Last weekend we headed to Birmingham for a much-postponed (thanks to the pandemic) treat – a concert by Nick Mason’s Saucerful of Secrets.

For anyone who doesn’t follow prog rock, Mason is a brilliant rock drummer who formed one quarter of the original line-up of Pink Floyd. Recently he’s put together his own band, including other rock legends such as Guy Pratt and Gary Kemp, to play some of Floyd’s older material. As he himself said, the other surviving members of the group tend to focus on Dark Side of the Moon, Wish You Were Here and The Wall, but Floyd was so much more than that. It’s also his own tribute to tortured genius Syd Barrett, the front man of the original band, who wrote much of that early material.
We booked the concert pre-pandemic and had to sit on our hands while it was postponed about four times. This time, we were so used to being disappointed we hardly dared hope, but as it was, we arrived at Birmingham’s Symphony Hall clutching our tickets to find it was all happening at last.
Was it worth the two year wait? Yes, absolutely it was. Every last second was amazing, brilliant, masterful – and surprisingly good fun. Unlike the original band, who even a fan like me has to admit could occasionally be a bit po-faced, Saucerful of Secrets are a lot more relaxed and even, at times, mischievous. In between numbers, Mason provided entertaining snippets looking back at the history of the band and some of the songs they played. Like Vegetable Man, for instance, which he freely admitted was never recorded because it was never finished, because none of them had a clue how to finish it!

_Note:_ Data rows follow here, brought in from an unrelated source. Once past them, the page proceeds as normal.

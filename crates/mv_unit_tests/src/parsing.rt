//! Trees of scripts, and the tokens that their items begin with.

use crate::prints::EVERYTHING;
use mv_ast::tree::{Item, Script};
use mv_cases::ensure::ensure;
use mv_lex::lexer::lex;
use mv_parser::fault::ParseFault;
use mv_parser::parse::parse;
use std::alloc::Global;
use std::test::Fail;

/// Returns the result of parsing this text.
pub(crate) fn read(alloc: Global, text: &str) -> Result<Result<Script, ParseFault>, Fail> {
    let bytes = text.as_bytes();
    if bytes.len() > 1 << 24 {
        return Err("too long".into());
    }
    let tokens = lex(alloc, bytes).or(Err("no tokens"))?;
    Ok(parse(alloc, &tokens, bytes))
}

/// The first token of each item, counted by hand.
const FIRST: &[u32] = &[1, 38, 41, 237, 260];

fn begin_with(items: &[Item], tokens: &[u32]) -> bool {
    items.len() == tokens.len()
        && items
            .iter()
            .zip(tokens)
            .all(|(item, token)| item.token == *token)
}

#[test]
fn items_begin_with_their_tokens(rt: HostRuntime) -> Result<(), Fail> {
    let Ok(script) = read(rt.alloc(), EVERYTHING)? else {
        return Err("no script".into());
    };
    let holds = begin_with(script.items.as_slice(), FIRST);
    ensure(rt.alloc(), holds, "another token")
}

The highlight of the night was a complete, unabridged, and pretty much note-perfect rendition of Echoes, possibly the first Floyd track to really sound like Floyd, if you know what I mean. It’s one of my favourites, and I sat utterly spellbound for the 25 minutes it took to play. I could almost have been back in the 1970s, before all the splits and acrimony, listening to the Pink Floyd of old. A very special treat, and one I hope we can repeat some day.
The photo above isn’t mine, sadly – we took a few on a mobile phone, but the lights were so bright the lens focused on those rather than the band members, so all it really looks like is a lightning strike. This pic is courtesy of The Midlands Rocks.